You will have to get blades sharpened when they start to leave track marks or when they are having trouble getting through the coat. Also i would only clip clean, dry coat. Clippers have a thing called a tongue and it needs to be replaced every say 6 months or when clippers not cutting. Be really carefull around under arms and ears as this is most common places to accidently cut. 
You can also get books that show how to do schn clips but if he is difficult i would be just clipping him all one length all over short so then you dont have to do very often until you can get a training schedule up that is decreasing the difficult behaviour. 
So if you let me know what behaviour he is displaying i will then give you some suggestions for you to try.
If any more questions feel free to post or pm.


----------



## dakotajo (Aug 10, 2004)

Wow...great reply.


----------



## Martinelv (Aug 10, 2004)

Good lord, I didn't know grooming a mutt could be so involved. I just tend to shear mine like a sheep. Now I know better.


----------



## enngirl5 (Aug 10, 2004)

Well, my dog is old and kind of set in his ways. But this recent groomer, I never liked the woman. My mom likes everyone and we would constantly argue about taking him there. Anyway, apparently he snapped at the groomer so they said they can't do him anymore. Why can't they just muzzle him? We told them to do that in the first place. He's not a Rottweiler for god sake. He's a 13 year old 20 pound miniature schnauzer. So anyway, he has these bumps called schnauzer bumps, and he has a couple of moles on his face.

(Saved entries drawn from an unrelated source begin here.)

#[inline(always)]
#[tactic(auto, unfolding(granit_machine::specs::BlockSteps::in_sequence))]
pub(crate) fn in_sequence<'input>(
    state: &mut ParserState<'input>,
    fault: &mut Option<ScanError>,
    alloc: Global,
    options: &Options,
    token: &mut Token<'input>,
    column: usize,
    indentless: bool,
) -> Result<(), Refused>
    ensures leaves { LeavesIfRoom (answered fault.new result) state.new (steps.in_sequence (options_of options.now)
        (machine_token token.old) column indentless state.old) }
    ensures by_fault { (sort_view token.old.sort ≡ sorts.BeginsKey → ⊥)
        → (sorts.is_dash_token (sort_view token.old.sort) ≡ true → state.old.waiting ≡ None)
        → RefusesByFault (answered fault.new result) (steps.in_sequence (options_of options.now)
        (machine_token token.old) column indentless state.old) }
    ensures again { WhereNamedAgain token.old.lexeme.value.kind state.old (has_properties state.old.frames ≡
        false → 0 < length state.old.frames → StepWantsToGive (answered fault.new result) state.old
        (steps.in_sequence (options_of options.now) (machine_token token.old) column indentless state.old)) }
    ensures kept { state.new.kept ≡ state.old.kept }
    ensures eventless { keeps_text (kind_view token.old.lexeme.value.kind) ≡ false
        → has_properties state.old.frames ≡ false → 0 < length state.old.frames
        → StepWantsToGive (answered fault.new result) state.old
        (steps.in_sequence (options_of options.now)
        (machine_token token.old) column indentless state.old) }
{
    if token.sort.is_dash() && token.is_in_column(column) {
        state.give_empty()?;
        return next_dash(state, fault, alloc, options, token, indentless);
    }
    if state.waits_for_none() {
        return Err(misplaced(fault, token, ErrorKind::ExpectedBlockSequenceEntry));
    }
    if token.sort.begins_node() && token.is_right_of(column) {
        return node(state, fault, alloc, options, token);
    }
    Err(misplaced(fault, token, ErrorKind::UnexpectedEofBlockSequence))
}

// Mappings (YAML 1.2.2, 8.2.2).

fn mapping_at<'input>(
    state: &mut ParserState<'input>,
    column: usize,
    stage: PairStage,
) -> Result<(), NoMemory>
    ensures leaves { OnOk result (state.new ≡ steps.mapping_at column (pair_view stage) state.old) }
    ensures kept { state.new.kept ≡ state.old.kept }
    ensures eventless { has_properties state.old.frames ≡ false → 0 < length state.old.frames
        → WantsToGive result state.old (steps.mapping_at column (pair_view stage) state.old) }
{
    state.flush()?;
    state.with_top(Frame::BlockMapping(column, stage))
}

/// Behind the `:` of a mapping.
fn mapping_colon<'input>(
    state: &mut ParserState<'input>,
    alloc: Global,
    options: &Options,
    token: &Token<'input>,
    column: usize,
) -> Result<(), NoMemory>
    ensures leaves { OnOk result (state.new ≡ steps.mapping_colon (options_of options.now)
        (machine_token token.now) column state.old) }
    ensures kept { state.new.kept ≡ state.old.kept }
    ensures eventless { has_properties state.old.frames ≡ false → 0 < length state.old.frames
        → WantsToGive result state.old (steps.mapping_colon (options_of options.now)
        (machine_token token.now) column state.old) }
{
    mapping_at(state, column, PairStage::AtValue)?;
    state.waits(
        alloc,
        token.lexeme.start,
        options.max_buffered_comment_events,
    )
}

/// A `:` without a key, whose pair has none, or one behind `?`.
fn bare_colon_in_mapping<'input>(
    state: &mut ParserState<'input>,
    alloc: Global,
    options: &Options,
    token: &Token<'input>,
    column: usize,
    stage: PairStage,
) -> Result<(), NoMemory>
    ensures leaves { OnOk result (state.new ≡ steps.bare_colon_in_mapping (options_of options.now)
        (machine_token token.now) column (pair_view stage) state.old) }
    ensures kept { state.new.kept ≡ state.old.kept }
    ensures eventless { has_properties state.old.frames ≡ false → 0 < length state.old.frames
        → WantsToGive result state.old (steps.bare_colon_in_mapping (options_of options.now)
        (machine_token token.now) column (pair_view stage) state.old) }
{
    let start = token.lexeme.start;
    match stage {
        PairStage::AtQuestion => {
            let span = Span::empty(start).with_indent(Some(column));
            state.give(null_event(), span)?;
            mapping_colon(state, alloc, options, token, column)
        }
        PairStage::BehindQuestion => mapping_colon(state, alloc, options, token, column),
        _ => colon_behind_pair(state, alloc, options, token, column),
    }
}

And that groomer always hits them when she cuts his face and he bleeds which I'm sure is why he snapped at her. Because they did his whole body and then did his face and said he snapped so they couldn't finish his face. But something happened because the next day I noticed a big blood spot on my backseat from where he had been sitting when we brought him home. So I think when they were grooming his face they hit a mole or something and cut him. 
I['ve tried to groom him myself before but like I said we bought new clippers but it wouldn't even cut his hair. So I guess they were cheap or something. And I would take him somewhere else but what if the same thing happens and they try to sue us or something. For a while I was just using scissors to cut him and it took hours lol. Thanks for the advice shytiger. I can always count on this board to have a specialist in every field imaginable. 
[/url]


----------



## ShyTiger (Apr 1, 2005)

Hey engirl. 
Sounds to me you just need another groomer that knows how to handle dogs. They should be able to use a muzzle and also just take things really slow. If your dog has been cut he will associate grooming with pain so it may take a couple of times with a good groomer to get him to learn that that is not the case. Ask the groomer how long they have been grooming for and what methods they use for difficult dogs. There response should be along the lines of, they asses temperament, use muzzle if needed to calm and save fingers, use calm voice, praise desired behaviour, ignor or soft low voice "ah no's" for undesired behaviours, take slow and make sure dog is not being made to feel uncomfortable and that they would also possibly use a second person. A good groomer will also know how to avoid warts! There is a organisation in usa if that is where you are, that groomers are registered with, that means they have a certain skill level with grooming and handling. I do know of a good groomer over there and have pmed you her details.


----------